[Saved entries]
____________________
//! Callers: for whom the calls of a client are, behind lines that say so.
//!
//! The bytes of the calls are RFC 5531's, word by word: the header of section 9, and in it the credential of appendix A.
use crate::populations::parse_alone;
use bfs_testing::asserts::compared;
use bfs_testing::same;
use bfs_trace::{Request, TraceError, TraceEvent};
use std::alloc::Global;
use std::test::Fail;

static FAULTS: [&str; 26] = [
    "as",
    "as ",
    "as 0",
    "as 0 ",
    "as 0 1",
    "as 0 1 ",
    "as 0 1 2 ",
    "as  0 1 2",
    "as 0  1 2",
    "as 0 1 2  3",
    " as 0 1 2",
    "As 0 1 2",
    "as\t0 1 2",
    "as 0 1 2\r",
    "as 16 1 2",
    "as #0 1 2",
    "as +0 1 2",
    "as 0 +1 2",
    "as 0 -1 2",
    "as 0 1 +2",
    "as 0 1 2 x",
    "as 0 4294967296 2",
    "as 0 1 4294967296",
    "as 0 1 2 4294967296",
    "as 0 1 2 1 2 3 4 5 6 7 8 9 10 11 12 13 14 15 16 17",
    "as 0 1 2 1 2 3 4 5 6 7 8 9 10 11 12 13 14 15 16 +17",
];

/// The first line at fault of a trace, or 0.
fn line_at_fault(alloc: Global, text: &str) -> Result<usize, Fail> {
    match parse_alone(alloc, text.as_bytes()) {
        Ok(_) => Ok(0),
        Err(TraceError::BadLine(number)) => Ok(number),
        Err(TraceError::Memory) => Err(Fail::from("memory")),
    }
}

fn first_taken(alloc: Global) -> Result<Option<&'static str>, Fail> {
    for line in &FAULTS {
        let text = format!(in alloc; "# a\nbatch 1.000000\n{line}\nbatch 2.000000\n")?;
        if line_at_fault(alloc, text.as_str())? != 3 {
            return Ok(Some(*line));
        }
    }
    Ok(None)
}

#[test]
fn refuses_words_that_name_no_caller(rt: HostRuntime) -> Result<(), Fail> {
    Ok(compared(first_taken(rt.alloc())?, None)?)
}

// where lines may stand, and the first line at fault, or 0
static PLACES: [(&str, usize); 6] = [
    ("as 0 1 2", 0),
    ("as 00 01 002 0003\nas 15 4294967295 4294967295\n", 0),
    ("as 0 1 2\n0 1 null\n", 2),
    ("batch 1.000000\nas 0 1 2\n0 1 null\n", 3),
    ("batch 1.000000\n0 1 null\nas 0 1 2\n# a\n\n0 2 null\n", 6),
    (
        "batch 1.000000\n0 1 null\nas 0 1 2\nbatch 2.000000\n0 2 null\n",
        0,
    ),
];

fn first_misplaced(alloc: Global) -> Result<Option<&'static str>, Fail> {
    for (text, line) in &PLACES {
        if line_at_fault(alloc, *text)? != *line {
            return Ok(Some(*text));
        }
    }
    Ok(None)
}

#[test]
fn names_callers_between_blocks(rt: HostRuntime) -> Result<(), Fail> {
    Ok(compared(first_misplaced(rt.alloc())?, None)?)
}

const NAMED: &[u8] =
    b"as 3 9 8\nbatch 1.000000\n3 1 null\n2 2 null\nas 2 7 6 5 4294967295\nas 3 0 0 1 2 3 4 5 6 7 8 9 10 11 12 13 14 15 16\nbatch 2.000000\n3 3 null\nbatch 3.000000\n2 4 null\n1 5 null\nas 2 1 2\nbatch 4.000000\n2 6 null\n3 7 null\n";

// the same calls, of which each has its caller in its bytes
const SPELLED: &[u8] =
    b"batch 1.000000\n3 1 raw 000000010000000000000002000186a30000000200000000000000010000001c00000000000000067265706c617900000000000900000008000000000000000000000000\n2 2 raw 000000020000000000000002000186a30000000200000000000000010000001c00000000000000067265706c61790000000003ea00000064000000000000000000000000\nbatch 2.000000\n3 3 raw 000000030000000000000002000186a30000000200000000000000010000005c00000000000000067265706c617900000000000000000000000000100000000100000002000000030000000400000005000000060000000700000008000000090000000a0000000b0000000c0000000d0000000e0000000f000000100000000000000000\nbatch 3.000000\n2 4 raw 000000040000000000000002000186a30000000200000000000000010000002400000000000000067265706c6179000000000007000000060000000200000005ffffffff0000000000000000\n1 5 raw 000000050000000000000002000186a30000000200000000000000010000001c00000000000000067265706c61790000000003e900000064000000000000000000000000\nbatch 4.000000\n2 6 raw 000000060000000000000002000186a30000000200000000000000010000001c00000000000000067265706c617900000000000100000002000000000000000000000000\n3 7 raw 000000070000000000000002000186a30000000200000000000000010000005c00000000000000067265706c617900000000000000000000000000100000000100000002000000030000000400000005000000060000000700000008000000090000000a0000000b0000000c0000000d0000000e0000000f000000100000000000000000\n";

fn requests_of(event: &TraceEvent) -> &[Request] {
    match event {
        TraceEvent::Block(block) => block.requests(),
        _ => &[],
    }
}

// the timestamp of the first request whose call differs
fn first_other(given: &[TraceEvent], wanted: &[TraceEvent]) -> Option<u64> {
    for (one, other) in given.iter().zip(wanted) {
        for (request, raw) in requests_of(one).iter().zip(requests_of(other)) {
            if request.call() != raw.call() {
                return Some(raw.timestamp());
            }
        }
    }
    None
}

#[test]
fn spells_calls_of_the_callers_that_lines_name(rt: HostRuntime) -> Result<(), Fail> {
    let named = parse_alone(rt.alloc(), NAMED)?;
    let spelled = parse_alone(rt.alloc(), SPELLED)?;
    same!(rt; (named.events().len(), spelled.events().len()), (4, 4));
    same!(rt; first_other(named.events(), spelled.events()), None);
    Ok(())
}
____________________
What to do → Could you write out the full data verbatim?

Solution for this exercise →
//! Callers: for whom the calls of a client are, behind lines that say so.
//!
//! The bytes of the calls are RFC 5531's, word by word: the header of section 9, and in it the credential of appendix A.
use crate::populations::parse_alone;
use bfs_testing::asserts::compared;
use bfs_testing::same;
use bfs_trace::{Request, TraceError, TraceEvent};
use std::alloc::Global;
use std::test::Fail;

static FAULTS: [&str; 26] = [
    "as",
    "as ",
    "as 0",
    "as 0 ",
    "as 0 1",
    "as 0 1 ",
    "as 0 1 2 ",
    "as  0 1 2",
    "as 0  1 2",
    "as 0 1 2  3",
    " as 0 1 2",
    "As 0 1 2",
    "as\t0 1 2",
    "as 0 1 2\r",
    "as 16 1 2",
    "as #0 1 2",
    "as +0 1 2",
    "as 0 +1 2",
    "as 0 -1 2",
    "as 0 1 +2",
    "as 0 1 2 x",
    "as 0 4294967296 2",
    "as 0 1 4294967296",
    "as 0 1 2 4294967296",
    "as 0 1 2 1 2 3 4 5 6 7 8 9 10 11 12 13 14 15 16 17",
    "as 0 1 2 1 2 3 4 5 6 7 8 9 10 11 12 13 14 15 16 +17",
];

/// The first line at fault of a trace, or 0.
fn line_at_fault(alloc: Global, text: &str) -> Result<usize, Fail> {
    match parse_alone(alloc, text.as_bytes()) {
        Ok(_) => Ok(0),
        Err(TraceError::BadLine(number)) => Ok(number),
        Err(TraceError::Memory) => Err(Fail::from("memory")),
    }
}

fn first_taken(alloc: Global) -> Result<Option<&'static str>, Fail> {
    for line in &FAULTS {
        let text = format!(in alloc; "# a\nbatch 1.000000\n{line}\nbatch 2.000000\n")?;
        if line_at_fault(alloc, text.as_str())? != 3 {
            return Ok(Some(*line));
        }
    }
    Ok(None)
}

#[test]
fn refuses_words_that_name_no_caller(rt: HostRuntime) -> Result<(), Fail> {
    Ok(compared(first_taken(rt.alloc())?, None)?)
}

// where lines may stand, and the first line at fault, or 0
static PLACES: [(&str, usize); 6] = [
    ("as 0 1 2", 0),
    ("as 00 01 002 0003\nas 15 4294967295 4294967295\n", 0),
    ("as 0 1 2\n0 1 null\n", 2),
    ("batch 1.000000\nas 0 1 2\n0 1 null\n", 3),
    ("batch 1.000000\n0 1 null\nas 0 1 2\n# a\n\n0 2 null\n", 6),
    (
        "batch 1.000000\n0 1 null\nas 0 1 2\nbatch 2.000000\n0 2 null\n",
        0,
    ),
];

fn first_misplaced(alloc: Global) -> Result<Option<&'static str>, Fail> {
    for (text, line) in &PLACES {
        if line_at_fault(alloc, *text)? != *line {
            return Ok(Some(*text));
        }
    }
    Ok(None)
}

#[test]
fn names_callers_between_blocks(rt: HostRuntime) -> Result<(), Fail> {
    Ok(compared(first_misplaced(rt.alloc())?, None)?)
}

const NAMED: &[u8] =
    b"as 3 9 8\nbatch 1.000000\n3 1 null\n2 2 null\nas 2 7 6 5 4294967295\nas 3 0 0 1 2 3 4 5 6 7 8 9 10 11 12 13 14 15 16\nbatch 2.000000\n3 3 null\nbatch 3.000000\n2 4 null\n1 5 null\nas 2 1 2\nbatch 4.000000\n2 6 null\n3 7 null\n";

// the same calls, of which each has its caller in its bytes
const SPELLED: &[u8] =
    b"batch 1.000000\n3 1 raw 000000010000000000000002000186a30000000200000000000000010000001c00000000000000067265706c617900000000000900000008000000000000000000000000\n2 2 raw 000000020000000000000002000186a30000000200000000000000010000001c00000000000000067265706c61790000000003ea00000064000000000000000000000000\nbatch 2.000000\n3 3 raw 000000030000000000000002000186a30000000200000000000000010000005c00000000000000067265706c617900000000000000000000000000100000000100000002000000030000000400000005000000060000000700000008000000090000000a0000000b0000000c0000000d0000000e0000000f000000100000000000000000\nbatch 3.000000\n2 4 raw 000000040000000000000002000186a30000000200000000000000010000002400000000000000067265706c6179000000000007000000060000000200000005ffffffff0000000000000000\n1 5 raw 000000050000000000000002000186a30000000200000000000000010000001c00000000000000067265706c61790000000003e900000064000000000000000000000000\nbatch 4.000000\n2 6 raw 000000060000000000000002000186a30000000200000000000000010000001c00000000000000067265706c617900000000000100000002000000000000000000000000\n3 7 raw 000000070000000000000002000186a30000000200000000000000010000005c00000000000000067265706c617900000000000000000000000000100000000100000002000000030000000400000005000000060000000700000008000000090000000a0000000b0000000c0000000d0000000e0000000f000000100000000000000000\n";

fn requests_of(event: &TraceEvent) -> &[Request] {
    match event {
        TraceEvent::Block(block) => block.requests(),
        _ => &[],
    }
}

// the timestamp of the first request whose call differs
fn first_other(given: &[TraceEvent], wanted: &[TraceEvent]) -> Option<u64> {
    for (one, other) in given.iter().zip(wanted) {
        for (request, raw) in requests_of(one).iter().zip(requests_of(other)) {
            if request.call() != raw.call() {
                return Some(raw.timestamp());
            }
        }
    }
    None
}

#[test]
fn spells_calls_of_the_callers_that_lines_name(rt: HostRuntime) -> Result<(), Fail> {
    let named = parse_alone(rt.alloc(), NAMED)?;
    let spelled = parse_alone(rt.alloc(), SPELLED)?;
    same!(rt; (named.events().len(), spelled.events().len()), (4, 4));
    same!(rt; first_other(named.events(), spelled.events()), None);
    Ok(())
}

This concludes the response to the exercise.